However, Adverts on login page suck though and for those that don't pay they
have adverts inserted that look exactly like photos. I don't see the later
normally, but it's a pretty awful way to make money (though Google search and
Facebook advertising are equally bad).

------
js2
You can watch the full interview at
[http://charlierose.com/](http://charlierose.com/)

(I'm on mobile and don't see a way to link to a permanent URL, but the video
is currently on the front page.)

------
faCeti0us
The best thing yahoo has done is create a robust fantasy football platform. If
they could innovate half as well as they built that platform, they would be
ok.

------
wodenokoto
A lot of commentors are writing things like "if Yahoo wants to succeed...",
but the thing is, a large part of yahoo doesn't want to succeed.

------
hobaak
Under her tenure, yahoo product quality went downhill. I think the course is
set to go out of business. 1

------
brakmic
Is she selling Yahoo in pounds?

Milligrams?

------
nickthemagicman
Marissa Myspace

------
nickgrosvenor
ummm....

------
known
No. Thanks.

------
frik
Yahoo has still some good assets. But they are killing them left and right. If
Yahoo wants to survive as company, not just as Alibaba stock asset, they need
a CEO who understands the entertainment, portal, advertisement and search
business - after all that's Yahoo.

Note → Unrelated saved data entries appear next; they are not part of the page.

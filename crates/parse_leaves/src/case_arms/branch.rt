ghost use Rattle.std.specs.Prelude.{◌≡◌};
ghost use Rattle.hs_base.specs.declared.tree.action.BlockArms.TheVariants as block_arm;
ghost use Rattle.hs_base.specs.declared.tree.expr.ExprArms.TheVariants as expr_arm;
ghost use Rattle.hs_base.specs.declared.tree.expr.Name.{Name};
ghost use Rattle.rules_grammar.specs.Grammar as g;
ghost use Rattle.rules_grammar.specs.GrammarForms.{Rule};

use hs_base::{Block, BlockArms, Expr, ExprArms, Name};

/// What an arm leads to: an expression or a block.
pub trait Branch: Drop {
    /// The four kinds of arms with such branches.
    type Arms: Drop;

    /// The rule of the grammar that a branch is spelled by.
    ghost rule: { Rule Self };

    ghost of_maybe: { Self → Name → Self → Self.Arms };

    ghost of_either: { Name → Self → Name → Self → Self.Arms };

    ghost of_list: { Self → Name → Name → Self → Self.Arms };

    ghost of_pair: { Name → Name → Self → Self.Arms };

    /// The arms of `Nothing` and `Just`.
    fn maybe(nothing: Self, name: Name, just: Self) -> Self::Arms
        ensures { result ≡ of_maybe nothing name just };

    /// The arms of `Left` and `Right`.
    fn either(left: Name, a: Self, right: Name, b: Self) -> Self::Arms
        ensures { result ≡ of_either left a right b };

    /// The arms of the empty list and of one with items.
    fn list(empty: Self, first: Name, rest: Name, items: Self) -> Self::Arms
        ensures { result ≡ of_list empty first rest items };

    /// The arm of a pair.
    fn pair(first: Name, second: Name, arm: Self) -> Self::Arms
        ensures { result ≡ of_pair first second arm };
}

impl Branch for Expr {
    type Arms = ExprArms;

    ghost rule = { g.expr };

    ghost of_maybe = { expr_arm.OfMaybe };

    ghost of_either = { expr_arm.OfEither };

    ghost of_list = { expr_arm.OfList };

    ghost of_pair = { expr_arm.OfPair };

    fn maybe(nothing: Expr, name: Name, just: Expr) -> ExprArms {
        ExprArms::OfMaybe(nothing, name, just)
    }

    fn either(left: Name, a: Expr, right: Name, b: Expr) -> ExprArms {
        ExprArms::OfEither(left, a, right, b)
    }

    fn list(empty: Expr, first: Name, rest: Name, items: Expr) -> ExprArms {
        ExprArms::OfList(empty, first, rest, items)
    }

    fn pair(first: Name, second: Name, arm: Expr) -> ExprArms {
        ExprArms::OfPair(first, second, arm)
    }
}

impl Branch for Block {
    type Arms = BlockArms;

    ghost rule = { g.block };

    ghost of_maybe = { block_arm.OfMaybe };

    ghost of_either = { block_arm.OfEither };

    ghost of_list = { block_arm.OfList };

    ghost of_pair = { block_arm.OfPair };

    fn maybe(nothing: Block, name: Name, just: Block) -> BlockArms {
        BlockArms::OfMaybe(nothing, name, just)
    }

    fn either(left: Name, a: Block, right: Name, b: Block) -> BlockArms {
        BlockArms::OfEither(left, a, right, b)
    }

    fn list(empty: Block, first: Name, rest: Name, items: Block) -> BlockArms {
        BlockArms::OfList(empty, first, rest, items)
    }

    fn pair(first: Name, second: Name, arm: Block) -> BlockArms {
        BlockArms::OfPair(first, second, arm)
    }
}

The dumbest decision was to kill their
search engine in 2009. It had the second largest market share back then.
([https://en.wikipedia.org/wiki/Yahoo!_Search](https://en.wikipedia.org/wiki/Yahoo!_Search)
) At least the open sourced Hadoop and Traffic server survived.

------
yuhong
I hope the double taxation on sales can be fixed in the three years.

------
wahsd
June

------
simula67
Why is HN obsessed with Yahoo ? See for example :

[https://news.ycombinator.com/item?id=11013507](https://news.ycombinator.com/item?id=11013507)

[https://news.ycombinator.com/item?id=11121796](https://news.ycombinator.com/item?id=11121796)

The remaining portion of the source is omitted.